Price reductions remaining low

houses little bitty housesWith only 21% of homes reporting at least one price cut of their original asking price during the last month, fewer sellers are slashing their home prices, according to Trulia.com who reported 22% in December 2009. The average reduction remains at 11% across the nation.

While the South experienced 20% of listings having price reductions, the West, Midwest and Northeast weren’t too far behind at 22%, showing that currently, no region is massively outperforming any others. Locally though, Jacksonville, FL saw 36% of their listings with price reductions and Los Angeles, CA dropped 46% with only 14% of homes reducing their prices.

According to Trulia, “Luxury homes (those listed at $2 million and above) continue to be hit the hardest by price reductions with the average discount rising to 15 percent for the first time since Trulia started tracking in April 2009. Additionally, luxury homes represent less than two percent of all current listings on Trulia, but are responsible for 24 percent of the $21.2 billion in home price reductions. The average discount for homes priced less than $2 million continues to hold at 10 percent.”

While these stats are interesting, it isn’t always applicable to agents on the ground. Nanette Labastida with Austin Fine Properties noted, “I don’t take price reductions into consideration much when working with a buyer- DOM [days on market] and comps are the top two things I consider,” which are more common influential reference points than price reductions.
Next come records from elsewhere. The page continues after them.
//! The parts of statements that hold no statement.
ghost use Rattle.std.specs.Prelude.{◌≡◌, OnOk};
ghost use Rattle.bpl_show.specs.Stmts as spec;
ghost use Rattle.bpl_show.specs.Tokens.{written};

use crate::exprs::{bare, chain};
use crate::lists::{Show, each, listed};
use crate::phrase::Phrase;
use crate::tokens::{last, word};
use bpl_ast::{Attribute, Expr, Guard, Invariant, Name, Target};
use hy_text::Bytes;
use std::alloc::AllocError;

/// Appends a word, attributes and a condition, which end a line.
#[tactic(auto, using(crate::proofs::Written::writing))]
pub fn condition(
    out: &mut Bytes,
    keyword: &[u8],
    attributes: &[Attribute],
    shown: &Expr,
) -> Result<(), AllocError>
    ensures { OnOk result (out.new ≡ written out.old (spec.condition keyword.now attributes.now shown.now)) }
{
    word(out, keyword)?;
    each(out, attributes)?;
    bare(out, shown)?;
    last(out, b";")
}

/// Appends a word, attributes and names, which end a line.
#[tactic(auto, using(crate::proofs::Written::writing))]
pub fn naming(
    out: &mut Bytes,
    keyword: &[u8],
    attributes: &[Attribute],
    names: &[Name],
) -> Result<(), AllocError>
    ensures { OnOk result (out.new ≡ written out.old (spec.naming keyword.now attributes.now names.now)) }
{
    word(out, keyword)?;
    each(out, attributes)?;
    listed(out, names)?;
    last(out, b";")
}

/// Appends a label.
#[tactic(auto, using(crate::proofs::Written::writing))]
pub fn label(out: &mut Bytes, name: &Name) -> Result<(), AllocError>
    ensures { OnOk result (out.new ≡ written out.old (spec.label name.now)) }
{
    name.show(out)?;
    last(out, b":")
}

/// Appends a `return`.
#[tactic(auto, using(crate::proofs::Written::writing))]
pub fn return_from(out: &mut Bytes, attributes: &[Attribute]) -> Result<(), AllocError>
    ensures { OnOk result (out.new ≡ written out.old (spec.return_from attributes.now)) }
{
    word(out, b"return")?;
    each(out, attributes)?;
    last(out, b";")
}

/// Appends a name, if there is one.
#[tactic(auto, using(crate::proofs::Written::writing))]
fn maybe_name(out: &mut Bytes, name: &Option<Name>) -> Result<(), AllocError>
    ensures { OnOk result (out.new ≡ written out.old (spec.maybe_name name.now)) }
{
    match name {
        None => Ok(()),
        Some(name) => name.show(out),
    }
}

/// Appends a `break`.
#[tactic(auto, using(crate::proofs::Written::writing))]
pub fn break_from(
    out: &mut Bytes,
    attributes: &[Attribute],
    label: &Option<Name>,
) -> Result<(), AllocError>
    ensures { OnOk result (out.new ≡ written out.old (spec.break_from attributes.now label.now)) }
{
    word(out, b"break")?;
    each(out, attributes)?;
    maybe_name(out, label)?;
    last(out, b";")
}

/// Appends an index in brackets, if there is one.
#[tactic(auto, using(crate::proofs::Written::writing))]
fn maybe_index(out: &mut Bytes, index: &Option<Expr>) -> Result<(), AllocError>
    ensures { OnOk result (out.new ≡ written out.old (spec.maybe_index index.now)) }
{
    match index {
        None => Ok(()),
        Some(index) => {
            word(out, b"[")?;
            bare(out, index)?;
            word(out, b"]")
        }
    }
}

#[tactic(auto, using(crate::proofs::Written::writing))]
impl Show for Target {
    ghost tokens = { spec.target };

    fn show(&self, out: &mut Bytes) -> Result<(), AllocError> {
        self.name.show(out)?;
        maybe_index(out, &self.index)
    }
}

/// Appends an assignment.
#[tactic(auto, using(crate::proofs::Written::writing))]
pub fn assignment(out: &mut Bytes, targets: &[Target], values: &[Expr]) -> Result<(), AllocError>
    ensures { OnOk result (out.new ≡ written out.old (spec.assignment targets.now values.now)) }
{
    listed(out, targets)?;
    word(out, b":=")?;
    chain(out, b",", values, Phrase::Whole)?;
    last(out, b";")
}

/// Appends the names that take the outs of a call, if there are any, and the sign after them.
#[tactic(auto, using(crate::proofs::Written::writing))]
fn taking(out: &mut Bytes, outs: &[Name]) -> Result<(), AllocError>
    ensures { OnOk result (out.new ≡ written out.old (spec.taking outs.now)) }
{
    if outs.is_empty() {
        return Ok(());
    }
    listed(out, outs)?;
    word(out, b":=")
}

/// Appends a call.
#[tactic(auto, using(crate::proofs::Written::writing))]
pub fn call(
    out: &mut Bytes,
    attributes: &[Attribute],
    outs: &[Name],
    procedure: &Name,
    arguments: &[Expr],
) -> Result<(), AllocError>
    ensures { OnOk result (out.new ≡ written out.old (spec.call attributes.now outs.now procedure.now arguments.now)) }
{
    word(out, b"call")?;
    each(out, attributes)?;
    taking(out, outs)?;
    procedure.show(out)?;
    word(out, b"(")?;
    chain(out, b",", arguments, Phrase::Whole)?;
    word(out, b")")?;
    last(out, b";")
}

#[tactic(auto, using(crate::proofs::Written::writing))]
impl Show for Guard {
    ghost tokens = { spec.guard };

    fn show(&self, out: &mut Bytes) -> Result<(), AllocError> {
        match self {
            Guard::Any { .. } => word(out, b"*"),
            Guard::Condition { condition } => bare(out, condition),
        }
    }
}

/// Appends a word, attributes and a guard in its parentheses.
#[tactic(auto, using(crate::proofs::Written::writing))]
pub fn guarded(
    out: &mut Bytes,
    keyword: &[u8],
    attributes: &[Attribute],
    guard: &Guard,
) -> Result<(), AllocError>
    ensures { OnOk result (out.new ≡ written out.old (spec.guarded keyword.now attributes.now guard.now)) }
{
    word(out, keyword)?;
    each(out, attributes)?;
    word(out, b"(")?;
    guard.show(out)?;
    word(out, b")")
}

/// Appends `free`, if it stands.
#[tactic(auto, using(crate::proofs::Written::writing))]
fn maybe_free(out: &mut Bytes, free: bool) -> Result<(), AllocError>
    ensures { OnOk result (out.new ≡ written out.old (spec.maybe_free free)) }
{
    if free { word(out, b"free") } else { Ok(()) }
}

#[tactic(auto, using(crate::proofs::Written::writing))]
impl Show for Invariant {
    ghost tokens = { spec.invariant };

    fn show(&self, out: &mut Bytes) -> Result<(), AllocError> {
        maybe_free(out, self.free)?;
        condition(
            out,
            b"invariant",
            self.attributes.as_slice(),
            &self.condition,
        )
    }
}
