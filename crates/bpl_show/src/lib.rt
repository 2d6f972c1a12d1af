//! The canonical text of a program: one space between two tokens, a line for each command, and only the parentheses that the
//! tree needs.
#![tactic(auto)]

mod commands;
mod decls;
mod exprs;
mod laws;
mod lists;
mod names;
mod phrase;
mod program;
mod stmts;
mod tokens;

pub use laws::shown_in_lines;
pub use phrase::Phrase;
pub use program::show;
For those interested in the data, however, it is of note that Texas cities account for 12% of the Top 50 U.S. Cities experiencing price reductions, although the price reductions were all 9% or under. California accounts for 16% of the Top 50 with price reductions at 9% or over. Below is the list of the Top 50 including the total amount of reductions per city:

Shadow inventories are up 55% over last year, unemployment remains around 10% and mortgage apps are the lowest since last summer, so this piece of the puzzle shows stability in the housing industry but we have several other pieces that have to fall into place before we see a real recovery.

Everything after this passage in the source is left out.